We can't call it quits there, unfortunately.  This is the sort of problem that's going to come up again and again as the technologies become more and more advanced.  We're dedicated towards writing them right through to the end, so we'll just have to get proficient and digging out the pertinent details and do the best we can.

It must be said that, more or less, D&D exists without guns.  Most persons are happy to run campaigns that take place in a sort of ethereal historical situation, in which there are no guns, or various other chemical technologies ... though of course there's experimentation and social development and extremely heavy armor of the kind that wasn't developed until the 15th century: a sort of potpourri of selected technological developments.  There's nothing wrong with this, of course.  My pedantic nature feels the need to point out that this potpourri is mostly the result of poor scholarship and a lot of misunderstandings about historical developments of weapons and social interaction, but I'm not saying you can't consider the ignorance a blessing and just enjoy the fact that so many disparate elements of human history are tumbled together into the D&D fantasy system.

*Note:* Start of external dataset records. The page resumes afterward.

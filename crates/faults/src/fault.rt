//! Why a run did not print its report, and the line that it prints then.
ghost use Rattle.std.specs.Prelude.{◌≡◌, ◌++◌, IfOk, OnOk};
ghost use Rattle.faults.specs.FaultText.{fault_text};

use crate::index_lines::{not_included_text, not_invertible_text};
use crate::map_lines::{empty_value_text, leaves_text, not_acyclic_text, undefined_text};
use crate::{Cause, CellChain, Law, LimitName, Name};
use elem_cubes::Cell;
use itoa::{Buffer, Integer};
use std::alloc::{AllocError as NoMemory, Global};
use thiserror::Error;

/// Why a run did not print its report. The line that a run prints for it is `fault_text`.
#[derive(Debug, Drop, Error)]
pub enum Fault {
    /// There is no first word, or it names no tool.
    #[error("words: no tool of that name")]
    NoTool,
    /// The words after the tool's name are not of a form of that tool.
    #[error("words: not a form of {tool}")]
    NotAForm {
        tool: Name,
    },
    /// A read of a file failed.
    #[error("cannot read {name}")]
    CannotRead {
        name: Name,
    },
    /// The text of a file is refused at a place, counted in bytes from 0.
    #[error("{name}: byte {place}: {cause}")]
    BadText {
        name: Name,
        place: u64,
        cause: Cause,
    },
    /// In a chain file the boundary of the boundary of a generator of this degree has a coefficient
    /// that is not 0 at another generator. Generators are numbered in their degrees from 1.
    #[error("{name}: dimension {degree}: # {generator}: boundary of boundary has {value} * {at}")]
    NotComplex {
        name: Name,
        degree: u8,
        generator: u32,
        value: u16,
        at: u32,
    },
    /// The cells of a file have another embedding dimension than those of the files before it.
    #[error("{name}: dimension {found}, but {before} before")]
    Dimension {
        name: Name,
        found: u8,
        before: u8,
    },
    /// A count goes past its limit, which is this number.
    #[error("limit: {count}: {number}")]
    Limit {
        count: LimitName,
        number: u64,
    },
    /// A map has no value at this full cube of its domain.
    #[error("map: no value at a cube")]
    Undefined {
        cube: Cell,
    },
    /// This value of a map at a full cube is not in the range.
    #[error("map: a value leaves the range")]
    LeavesRange {
        cube: Cell,
        value: Cell,
    },
    /// This value of a map at a full cube of the domain's subset is not in the range's subset.
    #[error("map: a value leaves the range's subset")]
    LeavesSubset {
        cube: Cell,
        value: Cell,
    },
    /// The value of a map at this cell is empty.
    #[error("map: a value is empty")]
    EmptyValue {
        cell: Cell,
    },
    /// The value of a map at this cell is not acyclic, in this degree first: in it there are a
    /// cycle and a cocycle whose product is 1. They are one such pair of many.
    #[error("map: a value is not acyclic in degree {degree}")]
    NotAcyclic {
        cell: Cell,
        degree: u8,
        cycle: CellChain,
        cocycle: CellChain,
    },
    /// This full cube of a map's domain is not in its range.
    #[error("index: a cube is not in the range")]
    NotInRange {
        cube: Cell,
    },
    /// This full cube of the subset of a map's domain is not in that of its range.
    #[error("index: a cube is not in the range's subset")]
    NotInSubset {
        cube: Cell,
    },
    /// The inclusion of a map's domain in its range is not invertible in this degree: it sends this
    /// cycle of the domain's pair, which is not null, to a null chain. It is one of many.
    #[error("index: a cycle is killed in degree {degree}")]
    Killed {
        degree: u8,
        chain: CellChain,
    },
    /// The inclusion of a map's domain in its range is not invertible in this degree: this cocycle
    /// of the range's pair is 0 on all cycles of the domain's, and not on all of its own. It is one
    /// of many.
    #[error("index: a cocycle is missed in degree {degree}")]
    Missed {
        degree: u8,
        chain: CellChain,
    },
    /// A law fails on a line of a witness file, counted from 1.
    #[error("{name}: line {line}: {law}")]
    LawFails {
        name: Name,
        line: u64,
        law: Law,
    },
    /// A write to standard output failed.
    #[error("cannot write standard output")]
    CannotWriteOut,
    /// A write of a file failed.
    #[error("cannot write {name}")]
    CannotWrite {
        name: Name,
    },
    /// Memory ran out.
    #[error("out of memory")]
    OutOfMemory,
}

impl From<NoMemory> for Fault {
    ghost use Rattle.faults.specs.declared.fault.Fault.TheVariants.{OutOfMemory};

    ghost from_gives = { λ _ fault. fault ≡ OutOfMemory };

    fn from(_: NoMemory) -> Fault {
        Fault::OutOfMemory
    }
}

/// The line that is printed for a fault, with its line feed.
pub fn fault_text(alloc: Global, fault: &Fault) -> Result<Vec<u8>, NoMemory>
    ensures { IfOk result (λ line. line.items ≡ fault_text fault.now) }
{
    match fault {
        Fault::NoTool => Vec::from_slice(alloc, b"error: words: no tool of that name\n"),
        Fault::NotAForm { tool } => frame(alloc, b"error: words: not a form of ", tool, b"\n"),
        Fault::CannotRead { name } => frame(alloc, b"error: cannot read ", name, b"\n"),
        Fault::BadText { name, place, cause } => bad_text(alloc, name, *place, *cause),
        Fault::NotComplex {
            name,
            degree,
            generator,
            value,
            at,
        } => not_complex_text(alloc, name, *degree, *generator, *value, *at),
        Fault::Dimension {
            name,
            found,
            before,
        } => dimension_text(alloc, name, *found, *before),
        Fault::Limit { count, number } => limit_text(alloc, *count, *number),
        Fault::Undefined { cube } => undefined_text(alloc, cube),
        Fault::LeavesRange { cube, value } => {
            leaves_text(alloc, cube, value, b" leaves the range\n")
        }
        Fault::LeavesSubset { cube, value } => {
            leaves_text(alloc, cube, value, b" leaves the range's subset\n")
        }
        Fault::EmptyValue { cell } => empty_value_text(alloc, cell),
        Fault::NotAcyclic {
            cell,
            degree,
            cycle,
            cocycle,
        } => not_acyclic_text(alloc, cell, *degree, cycle, cocycle),
        Fault::NotInRange { cube } => not_included_text(alloc, cube, b" is not in the range\n"),
        Fault::NotInSubset { cube } => {
            not_included_text(alloc, cube, b" is not in the range's subset\n")
        }
        Fault::Killed { degree, chain } => {
            not_invertible_text(alloc, *degree, b": killed: ", chain)
        }
        Fault::Missed { degree, chain } => {
            not_invertible_text(alloc, *degree, b": missed: ", chain)
        }
        Fault::LawFails { name, line, law } => law_text(alloc, name, *line, *law),
        Fault::CannotWriteOut => Vec::from_slice(alloc, b"error: cannot write standard output\n"),
        Fault::CannotWrite { name } => frame(alloc, b"error: cannot write ", name, b"\n"),
        Fault::OutOfMemory => Vec::from_slice(alloc, b"error: out of memory\n"),
    }
}

// A name between two texts.
fn frame(alloc: Global, before: &[u8], name: &Name, after: &[u8]) -> Result<Vec<u8>, NoMemory>
    ensures { IfOk result (λ line. line.items ≡ before.now ++ name.now ++ after.now) }
{
    let mut line = Vec::from_slice(alloc, before)?;
    line.extend_from_slice(name.as_str().as_bytes())?;
    line.extend_from_slice(after)?;
    Ok(line)
}

// Adds a text and a number.
pub(crate) fn put_after<I: Integer>(
    to: &mut Vec<u8>,
    before: &[u8],
    number: I,
) -> Result<(), NoMemory>
    ensures { OnOk result (to.new.items ≡ to.old.items ++ (before.now ++ I.text number)) }
{
    let mut buffer = Buffer::new();
    to.extend_from_slice(before)?;
    to.extend_from_slice(buffer.format(number).as_bytes())
}

// The line on a text that is refused.
fn bad_text(alloc: Global, name: &Name, place: u64, cause: Cause) -> Result<Vec<u8>, NoMemory>
    ensures { IfOk result (λ line. line.items ≡ fault_text (Fault.BadText name.now place cause)) }
{
    let mut line = frame(alloc, b"error: ", name, b": byte ")?;
    put_after(&mut line, b"", place)?;
    line.extend_from_slice(b": ")?;
    line.extend_from_slice(cause.as_str().as_bytes())?;
    line.extend_from_slice(b"\n")?;
    Ok(line)
}

// The line on a boundary of a boundary that is not 0.
fn not_complex_text(
    alloc: Global,
    name: &Name,
    degree: u8,
    generator: u32,
    value: u16,
    at: u32,
) -> Result<Vec<u8>, NoMemory>
    ensures { IfOk result
        (λ line. line.items ≡ fault_text (Fault.NotComplex name.now degree generator value at)) }
{
    let mut line = frame(alloc, b"error: ", name, b": dimension ")?;
    put_after(&mut line, b"", degree)?;
    put_after(&mut line, b": # ", generator)?;
    put_after(&mut line, b": boundary of boundary has ", value)?;
    put_after(&mut line, b" * ", at)?;
    line.extend_from_slice(b"\n")?;
    Ok(line)
}

// The line on two dimensions.
fn dimension_text(alloc: Global, name: &Name, found: u8, before: u8) -> Result<Vec<u8>, NoMemory>
    ensures { IfOk result
        (λ line. line.items ≡ fault_text (Fault.Dimension name.now found before)) }
{
    let mut line = frame(alloc, b"error: ", name, b": dimension ")?;
    put_after(&mut line, b"", found)?;
    put_after(&mut line, b", but ", before)?;
    line.extend_from_slice(b" before\n")?;
    Ok(line)
}

// The line on a limit.
fn limit_text(alloc: Global, count: LimitName, number: u64) -> Result<Vec<u8>, NoMemory>
    ensures { IfOk result (λ line. line.items ≡ fault_text (Fault.Limit count number)) }
{
    let mut line = Vec::from_slice(alloc, b"error: limit: ")?;
    line.extend_from_slice(count.as_str().as_bytes())?;
    put_after(&mut line, b": ", number)?;
    line.extend_from_slice(b"\n")?;
    Ok(line)
}

// The line on a law that fails.
fn law_text(alloc: Global, name: &Name, line: u64, law: Law) -> Result<Vec<u8>, NoMemory>
    ensures { IfOk result (λ text. text.items ≡ fault_text (Fault.LawFails name.now line law)) }
{
    let mut text = frame(alloc, b"error: ", name, b": line ")?;
    put_after(&mut text, b"", line)?;
    text.extend_from_slice(b": ")?;
    text.extend_from_slice(law.as_str().as_bytes())?;
    text.extend_from_slice(b"\n")?;
    Ok(text)
}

I'm not demonizing the ignorance.  I'm just saying, it's there.

Willy nilly, I think we all keep and toss out the elements of things that most suit our peculiar natures.  The D&D world, by necessity, has in it a thousand discontinuities even before you get to the historical dissonance - what with magic, monsters, actual gods and so on, we're not talking about any sort of realistic portrayal of anything.  I mean shit, how do I argue my 17th century world is anything like Earth when more than half of Russia is occupied by goblins, orcs and hobgoblins, with an existing Greek and Hindu pantheon of gods fighting it out on planes of existence drawn completely from my own imagination and mixed in with the endless hodgepodge of mythological beasts and places?  I can't.  D&D is not real.  It's important - like any dramatic invention - that it FEELS real, but we're obviously not saying that it is.

So when the question of rifling comes up, and any of a number of other alien-to-D&D technologies, like plastics and satellites and fusion, we're certainly NOT saying you can't toss them into the pot and stir them around to suit your needs.  Hell, who says there can't be a race of intelligent warthogs with opposable thumbs from the Plane of Excrete whose attempt to enslave the prime material plane for their shit production isn't aided by muskets with rifling?  Could be.  What is the party to do, as they face these dangerous hogs with swords and magic?  The best they can, that's what.

Thus the onus is upon me to talk about the difference between firearms without rifling and firearms with, and the possible social consequences that could be installed in your world to make things more interesting.

What I have along those lines is this:

Prior to the development of rifling, there was only a certain amount you could do to ensure you were killing your enemy with gunfire.  You lined your men up, you got as close to the enemy as you dared (30 yards or so, which is still a great deal farther away than you needed for swords), kept your men as calm as you could and got them to fire as often as possible.  It was understood by some commanders early on that having all your men fire at the same time produced a terrific shock effect upon the enemy, which tended to scare the enemy away, thus winning the battle without having to keep firing endlessly into each other without results ... which did happen.

The ball in a musket, even in skilled hands, would bounce against the interior of the barrel and could come out in virtually any direction - which meant that your line had to be pretty straight if you didn't want to kill your own men in the back at close range.  And because the time it took to reload could be as much as 30 or 40 seconds, it was possible for the enemy to simply drop their guns (this is before bayonets) and rush at you, particularly if the ground was level.  You will remember from high school that you used to run the hundred yard dash in about 14 to 16 seconds (or a bit less), so you know that it doesn't take an eon to cover 30 yards, even if that distance is covered with thick vegetation and the occasional fallen body.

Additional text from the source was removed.